* _WORK REQUIRED_
Please take the records that follow and repeat exactly the lines starting with the line with "filename crates/log_records/src/placing.rt" and going on through the line with "checkpoint takes none.".
╭─ DATA PROVIDED
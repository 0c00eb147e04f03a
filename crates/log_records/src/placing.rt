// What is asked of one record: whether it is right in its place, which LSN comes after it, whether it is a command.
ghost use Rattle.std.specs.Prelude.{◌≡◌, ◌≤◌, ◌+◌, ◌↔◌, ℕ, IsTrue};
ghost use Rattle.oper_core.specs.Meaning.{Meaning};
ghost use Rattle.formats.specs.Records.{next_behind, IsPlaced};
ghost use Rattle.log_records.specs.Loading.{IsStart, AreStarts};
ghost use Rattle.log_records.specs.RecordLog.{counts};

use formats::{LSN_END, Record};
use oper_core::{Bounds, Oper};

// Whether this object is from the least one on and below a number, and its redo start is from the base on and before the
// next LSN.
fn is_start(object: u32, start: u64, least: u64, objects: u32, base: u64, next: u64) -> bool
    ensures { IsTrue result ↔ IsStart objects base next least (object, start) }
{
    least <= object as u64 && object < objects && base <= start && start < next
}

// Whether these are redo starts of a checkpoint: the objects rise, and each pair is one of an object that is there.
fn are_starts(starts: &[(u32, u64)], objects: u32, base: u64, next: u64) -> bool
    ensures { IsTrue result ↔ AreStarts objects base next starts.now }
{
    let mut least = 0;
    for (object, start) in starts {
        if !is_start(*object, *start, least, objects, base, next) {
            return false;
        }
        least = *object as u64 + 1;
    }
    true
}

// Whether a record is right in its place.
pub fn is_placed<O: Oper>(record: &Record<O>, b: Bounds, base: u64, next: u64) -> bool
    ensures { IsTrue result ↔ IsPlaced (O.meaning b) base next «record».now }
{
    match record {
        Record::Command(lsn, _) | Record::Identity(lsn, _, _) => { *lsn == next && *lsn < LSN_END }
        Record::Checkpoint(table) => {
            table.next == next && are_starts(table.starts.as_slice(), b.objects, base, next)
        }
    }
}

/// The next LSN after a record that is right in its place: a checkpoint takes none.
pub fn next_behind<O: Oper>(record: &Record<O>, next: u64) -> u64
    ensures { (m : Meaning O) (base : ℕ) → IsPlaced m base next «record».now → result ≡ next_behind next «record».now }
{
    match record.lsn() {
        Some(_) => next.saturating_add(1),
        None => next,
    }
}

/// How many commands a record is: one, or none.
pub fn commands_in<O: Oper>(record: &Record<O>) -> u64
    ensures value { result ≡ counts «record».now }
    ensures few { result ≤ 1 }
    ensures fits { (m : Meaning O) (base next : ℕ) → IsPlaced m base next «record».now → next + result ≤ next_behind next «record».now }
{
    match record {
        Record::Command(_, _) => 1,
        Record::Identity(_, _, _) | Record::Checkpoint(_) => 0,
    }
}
╰─
╭─ DATA PROVIDED
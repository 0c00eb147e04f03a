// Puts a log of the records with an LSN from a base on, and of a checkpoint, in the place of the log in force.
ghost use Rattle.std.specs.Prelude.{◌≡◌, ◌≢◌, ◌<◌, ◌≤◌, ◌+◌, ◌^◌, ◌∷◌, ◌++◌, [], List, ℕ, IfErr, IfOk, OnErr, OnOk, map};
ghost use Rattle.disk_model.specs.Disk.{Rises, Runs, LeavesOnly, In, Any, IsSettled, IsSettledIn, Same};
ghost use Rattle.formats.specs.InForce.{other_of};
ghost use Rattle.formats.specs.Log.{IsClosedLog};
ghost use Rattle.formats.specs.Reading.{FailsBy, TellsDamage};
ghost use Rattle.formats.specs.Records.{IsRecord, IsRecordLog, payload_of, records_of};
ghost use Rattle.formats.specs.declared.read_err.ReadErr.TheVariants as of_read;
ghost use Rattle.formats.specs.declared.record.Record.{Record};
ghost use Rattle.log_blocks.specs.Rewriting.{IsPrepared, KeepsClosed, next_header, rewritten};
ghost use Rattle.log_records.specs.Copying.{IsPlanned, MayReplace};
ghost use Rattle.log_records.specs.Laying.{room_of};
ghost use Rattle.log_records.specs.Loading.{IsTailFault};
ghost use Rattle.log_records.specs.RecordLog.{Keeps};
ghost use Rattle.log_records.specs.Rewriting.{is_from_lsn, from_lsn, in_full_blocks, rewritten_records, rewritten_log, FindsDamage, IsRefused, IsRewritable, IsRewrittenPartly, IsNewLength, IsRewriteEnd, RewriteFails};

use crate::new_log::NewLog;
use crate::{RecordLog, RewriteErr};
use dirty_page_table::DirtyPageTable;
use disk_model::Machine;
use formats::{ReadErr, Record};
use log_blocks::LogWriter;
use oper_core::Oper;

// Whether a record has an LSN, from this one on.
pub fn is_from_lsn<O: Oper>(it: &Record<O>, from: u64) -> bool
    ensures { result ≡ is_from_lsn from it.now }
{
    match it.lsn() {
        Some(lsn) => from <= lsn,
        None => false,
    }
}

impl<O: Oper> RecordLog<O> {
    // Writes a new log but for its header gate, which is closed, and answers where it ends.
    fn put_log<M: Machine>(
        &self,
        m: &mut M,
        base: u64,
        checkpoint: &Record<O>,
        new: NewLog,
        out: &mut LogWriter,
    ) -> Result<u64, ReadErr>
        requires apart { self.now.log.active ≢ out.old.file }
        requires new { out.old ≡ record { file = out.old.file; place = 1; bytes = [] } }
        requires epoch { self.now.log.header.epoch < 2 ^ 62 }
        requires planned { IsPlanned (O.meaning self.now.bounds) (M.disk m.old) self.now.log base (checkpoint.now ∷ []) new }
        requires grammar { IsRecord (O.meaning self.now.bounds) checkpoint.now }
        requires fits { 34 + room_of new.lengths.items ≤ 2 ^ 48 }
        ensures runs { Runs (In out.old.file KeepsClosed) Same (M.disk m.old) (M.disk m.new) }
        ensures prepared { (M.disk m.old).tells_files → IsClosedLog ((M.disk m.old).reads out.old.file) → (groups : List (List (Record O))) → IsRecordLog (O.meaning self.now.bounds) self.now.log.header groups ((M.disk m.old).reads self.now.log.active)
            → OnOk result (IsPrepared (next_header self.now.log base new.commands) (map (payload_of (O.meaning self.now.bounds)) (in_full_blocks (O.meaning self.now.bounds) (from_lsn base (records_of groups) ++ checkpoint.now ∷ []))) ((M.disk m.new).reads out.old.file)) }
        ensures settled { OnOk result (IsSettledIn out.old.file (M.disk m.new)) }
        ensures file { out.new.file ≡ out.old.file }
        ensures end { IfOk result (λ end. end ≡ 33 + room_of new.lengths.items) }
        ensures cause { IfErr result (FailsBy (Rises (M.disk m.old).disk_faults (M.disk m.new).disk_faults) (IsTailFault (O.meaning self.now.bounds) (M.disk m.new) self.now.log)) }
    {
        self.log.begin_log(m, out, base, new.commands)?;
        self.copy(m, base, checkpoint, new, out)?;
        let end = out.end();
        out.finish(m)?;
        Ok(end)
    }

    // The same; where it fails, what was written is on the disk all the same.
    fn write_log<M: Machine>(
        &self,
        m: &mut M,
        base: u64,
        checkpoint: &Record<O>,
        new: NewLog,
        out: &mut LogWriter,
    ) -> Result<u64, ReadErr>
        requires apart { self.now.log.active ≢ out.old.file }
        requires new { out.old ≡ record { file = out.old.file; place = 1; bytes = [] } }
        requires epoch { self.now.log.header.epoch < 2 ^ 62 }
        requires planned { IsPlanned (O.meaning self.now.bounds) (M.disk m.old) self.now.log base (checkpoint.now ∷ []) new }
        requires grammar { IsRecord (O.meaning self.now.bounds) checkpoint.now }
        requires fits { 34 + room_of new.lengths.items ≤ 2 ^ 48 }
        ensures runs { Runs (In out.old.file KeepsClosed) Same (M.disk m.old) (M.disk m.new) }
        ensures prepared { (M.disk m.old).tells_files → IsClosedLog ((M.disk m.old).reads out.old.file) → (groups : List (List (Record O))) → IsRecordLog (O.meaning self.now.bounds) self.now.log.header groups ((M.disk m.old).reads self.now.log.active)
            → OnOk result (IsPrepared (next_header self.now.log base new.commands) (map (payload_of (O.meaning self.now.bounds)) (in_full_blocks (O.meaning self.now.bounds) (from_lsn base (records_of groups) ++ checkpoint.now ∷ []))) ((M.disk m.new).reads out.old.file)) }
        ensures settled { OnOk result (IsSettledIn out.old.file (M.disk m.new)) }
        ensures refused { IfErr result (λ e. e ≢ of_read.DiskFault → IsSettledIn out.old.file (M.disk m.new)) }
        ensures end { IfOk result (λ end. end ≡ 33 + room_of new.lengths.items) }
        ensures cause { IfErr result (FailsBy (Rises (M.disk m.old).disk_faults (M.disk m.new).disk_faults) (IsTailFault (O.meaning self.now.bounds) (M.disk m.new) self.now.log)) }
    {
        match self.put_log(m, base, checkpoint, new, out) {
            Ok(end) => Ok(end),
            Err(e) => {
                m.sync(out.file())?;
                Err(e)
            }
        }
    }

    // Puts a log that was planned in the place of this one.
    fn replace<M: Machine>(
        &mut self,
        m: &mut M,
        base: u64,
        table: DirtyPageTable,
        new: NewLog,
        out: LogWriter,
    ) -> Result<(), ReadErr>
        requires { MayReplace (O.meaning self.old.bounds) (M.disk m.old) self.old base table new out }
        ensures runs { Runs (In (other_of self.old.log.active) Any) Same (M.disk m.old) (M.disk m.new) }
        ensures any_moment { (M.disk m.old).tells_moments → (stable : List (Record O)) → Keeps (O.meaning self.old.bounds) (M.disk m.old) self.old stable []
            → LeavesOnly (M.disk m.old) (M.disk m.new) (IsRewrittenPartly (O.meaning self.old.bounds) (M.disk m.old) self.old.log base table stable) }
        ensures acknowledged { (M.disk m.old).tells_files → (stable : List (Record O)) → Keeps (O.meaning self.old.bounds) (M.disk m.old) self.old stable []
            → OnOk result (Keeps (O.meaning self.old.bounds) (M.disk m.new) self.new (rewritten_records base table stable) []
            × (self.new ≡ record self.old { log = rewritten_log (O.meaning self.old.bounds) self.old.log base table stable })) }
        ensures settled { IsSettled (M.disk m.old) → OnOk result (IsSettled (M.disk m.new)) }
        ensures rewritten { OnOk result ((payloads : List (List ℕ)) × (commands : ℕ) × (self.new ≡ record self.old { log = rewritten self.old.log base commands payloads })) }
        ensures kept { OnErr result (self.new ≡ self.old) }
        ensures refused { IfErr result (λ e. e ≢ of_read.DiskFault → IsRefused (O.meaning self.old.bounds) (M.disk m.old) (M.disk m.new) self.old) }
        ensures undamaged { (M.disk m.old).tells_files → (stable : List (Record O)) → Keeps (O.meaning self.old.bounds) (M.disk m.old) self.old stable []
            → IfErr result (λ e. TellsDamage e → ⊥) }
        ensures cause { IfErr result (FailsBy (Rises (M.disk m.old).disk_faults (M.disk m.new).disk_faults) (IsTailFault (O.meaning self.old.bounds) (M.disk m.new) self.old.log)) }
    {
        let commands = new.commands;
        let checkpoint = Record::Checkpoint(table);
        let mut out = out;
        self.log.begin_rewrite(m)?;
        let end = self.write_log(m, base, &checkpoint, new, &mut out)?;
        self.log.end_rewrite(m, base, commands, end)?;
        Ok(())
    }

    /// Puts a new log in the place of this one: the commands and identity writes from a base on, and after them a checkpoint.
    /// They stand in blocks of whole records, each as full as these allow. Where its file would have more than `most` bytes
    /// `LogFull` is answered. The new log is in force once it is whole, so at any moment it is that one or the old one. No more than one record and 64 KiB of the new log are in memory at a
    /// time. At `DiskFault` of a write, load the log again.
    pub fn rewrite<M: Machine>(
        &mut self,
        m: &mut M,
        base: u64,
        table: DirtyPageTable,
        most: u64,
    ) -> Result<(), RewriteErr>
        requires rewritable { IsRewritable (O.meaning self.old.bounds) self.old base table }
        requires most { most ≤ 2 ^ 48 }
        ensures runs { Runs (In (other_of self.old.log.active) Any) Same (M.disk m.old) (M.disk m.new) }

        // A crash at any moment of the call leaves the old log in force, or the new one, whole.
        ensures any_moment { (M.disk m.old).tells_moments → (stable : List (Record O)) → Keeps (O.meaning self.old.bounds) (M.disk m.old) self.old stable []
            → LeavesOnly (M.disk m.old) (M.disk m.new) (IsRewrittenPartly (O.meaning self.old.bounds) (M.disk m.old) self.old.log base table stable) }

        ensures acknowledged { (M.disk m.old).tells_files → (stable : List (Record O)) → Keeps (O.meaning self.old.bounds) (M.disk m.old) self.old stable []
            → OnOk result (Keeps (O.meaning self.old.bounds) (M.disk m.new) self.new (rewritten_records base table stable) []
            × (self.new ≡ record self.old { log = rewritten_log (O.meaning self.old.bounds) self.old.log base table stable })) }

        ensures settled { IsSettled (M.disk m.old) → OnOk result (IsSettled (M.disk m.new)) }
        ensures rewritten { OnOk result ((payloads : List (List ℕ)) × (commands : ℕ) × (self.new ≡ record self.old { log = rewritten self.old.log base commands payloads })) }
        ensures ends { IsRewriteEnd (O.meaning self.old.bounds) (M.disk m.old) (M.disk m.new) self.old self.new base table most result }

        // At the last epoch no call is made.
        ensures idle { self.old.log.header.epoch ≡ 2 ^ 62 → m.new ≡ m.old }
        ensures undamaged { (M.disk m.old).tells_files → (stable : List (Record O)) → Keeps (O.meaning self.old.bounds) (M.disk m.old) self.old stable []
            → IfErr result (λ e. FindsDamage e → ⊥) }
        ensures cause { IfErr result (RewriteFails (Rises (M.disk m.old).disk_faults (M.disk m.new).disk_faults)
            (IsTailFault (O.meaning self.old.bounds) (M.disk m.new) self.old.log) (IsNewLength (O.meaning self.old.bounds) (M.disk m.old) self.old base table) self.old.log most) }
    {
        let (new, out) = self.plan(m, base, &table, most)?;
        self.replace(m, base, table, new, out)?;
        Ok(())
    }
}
╰─
* _REPLY_
filename crates/log_records/src/placing.rt
// What is asked of one record: whether it is right in its place, which LSN comes after it, whether it is a command.
ghost use Rattle.std.specs.Prelude.{◌≡◌, ◌≤◌, ◌+◌, ◌↔◌, ℕ, IsTrue};
ghost use Rattle.oper_core.specs.Meaning.{Meaning};
ghost use Rattle.formats.specs.Records.{next_behind, IsPlaced};
ghost use Rattle.log_records.specs.Loading.{IsStart, AreStarts};
ghost use Rattle.log_records.specs.RecordLog.{counts};

use formats::{LSN_END, Record};
use oper_core::{Bounds, Oper};

// Whether this object is from the least one on and below a number, and its redo start is from the base on and before the
// next LSN.
fn is_start(object: u32, start: u64, least: u64, objects: u32, base: u64, next: u64) -> bool
    ensures { IsTrue result ↔ IsStart objects base next least (object, start) }
{
    least <= object as u64 && object < objects && base <= start && start < next
}

// Whether these are redo starts of a checkpoint: the objects rise, and each pair is one of an object that is there.
fn are_starts(starts: &[(u32, u64)], objects: u32, base: u64, next: u64) -> bool
    ensures { IsTrue result ↔ AreStarts objects base next starts.now }
{
    let mut least = 0;
    for (object, start) in starts {
        if !is_start(*object, *start, least, objects, base, next) {
            return false;
        }
        least = *object as u64 + 1;
    }
    true
}

// Whether a record is right in its place.
pub fn is_placed<O: Oper>(record: &Record<O>, b: Bounds, base: u64, next: u64) -> bool
    ensures { IsTrue result ↔ IsPlaced (O.meaning b) base next «record».now }
{
    match record {
        Record::Command(lsn, _) | Record::Identity(lsn, _, _) => { *lsn == next && *lsn < LSN_END }
        Record::Checkpoint(table) => {
            table.next == next && are_starts(table.starts.as_slice(), b.objects, base, next)
        }
    }
}

/// The next LSN after a record that is right in its place: a checkpoint takes none.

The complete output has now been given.